═══ DATA PROVIDED ═══

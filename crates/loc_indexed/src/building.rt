//! The index file of a layer, from the layer's bytes in to the file's bytes out.

ghost use Rattle.std.specs.Prelude.{List};
ghost use Rattle.loc_laws_index.specs.IndexReading.{AreBytes};
ghost use Rattle.loc_rings.specs.Values.{Feature as FeatureOf};
ghost use Rattle.loc_sweep.specs.Swept.{IsSwept};
ghost use Rattle.loc_treeidx.specs.Meaning.{meaning_of};
ghost use Rattle.loc_course.specs.Sentences.{status_of};
ghost use Rattle.loc_course.specs.Stops.{end_of};
ghost use Rattle.loc_maps.specs.MapCourses.{layer_file};
ghost use Rattle.loc_indexed.specs.Building.{build_course};
ghost use Rattle.loc_indexed.specs.Builds.{Built};
ghost use Rattle.loc_indexed.specs.Followed.{AreShort, FollowsTruly, IsLaidOut, MakesIndex};
ghost use Rattle.loc_course.specs.Runs.{RunsOnFiles};

use loc_course::Stop;
use loc_io::Shelf;
use loc_maps::{Plane, judge, read_layer_file};
use loc_rings::Layer;
use loc_spec_text::{Form, Scale};
use loc_treeidx::TreeIndex;
use loc_treeidx::laws::swept_stands;
use loc_write::laws::content_holds_parts;
use loc_write::write_index;
use std::alloc::Global;

// The numbers of a text are bytes. The call does nothing.
fn is_of_bytes(text: &[u8])
    ensures { AreBytes text.now }
{
    let _ = text;
}

// The ids of a layer are short, and of bytes. They are looked at one by one, and nothing is done to them.
fn ids_are_short(layer: &Layer)
    ensures { AreShort layer.now }
{
    for feature in layer.features() {
        is_of_bytes(feature.id());
    }
}

// Writes the index file of a plane.
fn write_plane<F: Shelf>(
    shelf: &mut F,
    index: &str,
    scale: Scale,
    plane: &Plane<TreeIndex>,
) -> Result<(), Stop>
    requires laid_out { (layer : List FeatureOf) × IsLaidOut layer plane.now.table plane.now.legend }
    requires swept { IsSwept plane.now.table (meaning_of plane.now.status) }
    ensures { (layer : List FeatureOf) → IsLaidOut layer plane.now.table plane.now.legend
        → MakesIndex scale layer index.now (F.meaning shelf.old) (F.meaning shelf.new) (end_of result) }
{
    plane.table.law();
    plane.legend.law();
    swept_stands(&plane.table, &plane.status);
    content_holds_parts();
    let versions = plane.status.versions();
    let _sealed = versions.sealed();
    match write_index(
        shelf,
        index,
        scale.decimals(),
        &plane.table,
        &plane.legend,
        versions,
    ) {
        Ok(()) => Ok(()),
        Err(_) => Err(Stop::WriteFault),
    }
}

// Reads the layer, judges it, and makes its index file.
fn make_index<F: Shelf>(
    alloc: Global,
    name: &str,
    form: Form,
    scale: Scale,
    index: &str,
    shelf: &mut F,
) -> Result<(), Stop>
    ensures { FollowsTruly (layer_file name.now form scale) index.now (F.meaning shelf.old) (F.meaning shelf.new)
        (end_of result) }
{
    let layer = read_layer_file(alloc, shelf, name, form, scale)?;
    ids_are_short(&layer);
    let plane: Plane<TreeIndex> = judge(alloc, layer, scale)?;
    let outcome = write_plane(shelf, index, scale, &plane);
    drop(plane);
    outcome
}

/// Reads the layer whole and makes its index file. All memory is taken before the file is created, and nothing is written on an output. What
/// was made is the file of a true index of the layer; where a write failed it is a front of one, or the file is as before.
pub fn build<F: Shelf>(
    alloc: Global,
    layer_name: &str,
    index_name: &str,
    form: Form,
    scale: Scale,
    shelf: &mut F,
) -> Result<(), Stop>
    ensures follows { RunsOnFiles (build_course (layer_file layer_name.now form scale) index_name.now)
        F.meaning shelf result }
    ensures built { Built (layer_file layer_name.now form scale) index_name.now (F.meaning shelf.old)
        (F.meaning shelf.new) (status_of (end_of result)) }
{
    make_index(alloc, layer_name, form, scale, index_name, shelf)
}
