//! An index as a file: it is made of a layer, and a file is judged, and asked for the places of points, whoever made it.
#![tactic(auto)]

mod asking;
mod building;
mod flaws;
mod indexes;
mod laws;
mod lines;
mod verifying;

pub use asking::ask;
pub use building::build;
pub use indexes::read_index_file;
pub use laws::{ask_law, build_law, verify_law};
pub use verifying::verify;
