//! The lines that name what is wrong with the bytes of an index file.

ghost use Rattle.std.specs.Prelude.{◌≡◌, ◌++◌, codes};
ghost use Rattle.std.specs.Fmt.{decimal};
ghost use Rattle.loc_spec_text.specs.Points.{ended};
ghost use Rattle.loc_course.specs.Lines.{line_text, part_text};
ghost use Rattle.loc_course.specs.Stops.{stopped};
ghost use Rattle.loc_indexed.specs.IndexTexts.{index_stop, part_name};

use itoa::Buffer;
use loc_course::{Line, Part as Piece, Stop};
use loc_file::{IndexFault, Part};

// A number of 64 bits.
fn number_piece(number: u64) -> Piece
    ensures { part_text result ≡ decimal number }
{
    let mut buffer = Buffer::new();
    Piece::of(buffer.format(number).as_bytes())
}

// A part of a file.
fn name_piece(part: Part) -> Piece
    ensures { part_text result ≡ part_name part }
{
    match part {
        Part::Corners => Piece::of(b"corners"),
        Part::Edges => Piece::of(b"edges"),
        Part::Marks => Piece::of(b"marks"),
        Part::Covers => Piece::of(b"covers"),
    }
}

// The file ends before a field does.
fn short_line(need: u64) -> Line
    ensures { line_text result ≡ ended (codes "index: short, " ++ decimal need ++ codes " bytes needed") }
{
    Line {
        parts: [
            Piece::of(b"index: short, "),
            number_piece(need),
            Piece::of(b" bytes needed"),
            Piece::None,
            Piece::None,
            Piece::None,
        ],
    }
}

// The version is another.
fn version_line(found: u32) -> Line
    ensures { line_text result ≡ ended (codes "index: version " ++ decimal found) }
{
    Line {
        parts: [
            Piece::of(b"index: version "),
            Piece::Number(found),
            Piece::None,
            Piece::None,
            Piece::None,
            Piece::None,
        ],
    }
}

// A field is out of its bound.
fn field_line(offset: u64, value: u64, bound: u64) -> Line
    ensures { line_text result ≡ ended (codes "index: field at " ++ decimal offset ++ codes " holds " ++ decimal value
        ++ codes ", bound " ++ decimal bound) }
{
    Line {
        parts: [
            Piece::of(b"index: field at "),
            number_piece(offset),
            Piece::of(b" holds "),
            number_piece(value),
            Piece::of(b", bound "),
            number_piece(bound),
        ],
    }
}

// A row is out of its order.
fn order_line(part: Part, row: u32) -> Line
    ensures { line_text result ≡ ended (codes "index: " ++ part_name part ++ codes " row " ++ decimal row
        ++ codes " not in order") }
{
    Line {
        parts: [
            Piece::of(b"index: "),
            name_piece(part),
            Piece::of(b" row "),
            Piece::Number(row),
            Piece::of(b" not in order"),
            Piece::None,
        ],
    }
}

// Bytes are left behind the last field.
fn long_line(rest: u64) -> Line
    ensures { line_text result ≡ ended (codes "index: " ++ decimal rest ++ codes " bytes too many") }
{
    Line {
        parts: [
            Piece::of(b"index: "),
            number_piece(rest),
            Piece::of(b" bytes too many"),
            Piece::None,
            Piece::None,
            Piece::None,
        ],
    }
}

/// Why a command stops where the bytes of an index file are at fault.
pub(crate) fn index_stop_of(fault: IndexFault) -> Stop
    ensures { stopped result ≡ index_stop fault }
{
    match fault {
        IndexFault::Short { need } => Stop::Refused(short_line(need)),
        IndexFault::Magic => Stop::Refused(Line::of(b"index: bad magic")),
        IndexFault::Version { found } => Stop::Refused(version_line(found)),
        IndexFault::Field {
            offset,
            value,
            bound,
        } => Stop::Refused(field_line(offset, value, bound)),
        IndexFault::NotSorted { part, row } => Stop::Refused(order_line(part, row)),
        IndexFault::Long { rest } => Stop::Refused(long_line(rest)),
        IndexFault::NoMemory => Stop::NoMemory,
    }
}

═══

> **PROBLEM REQUIREMENTS**
The answer must consist of every line above that contains the word "Reads".

> **ANSWER FOR THE TASK**
// Reads the layer, judges it, and makes its index file.
/// Reads the layer whole and makes its index file. All memory is taken before the file is created, and nothing is written on an output. What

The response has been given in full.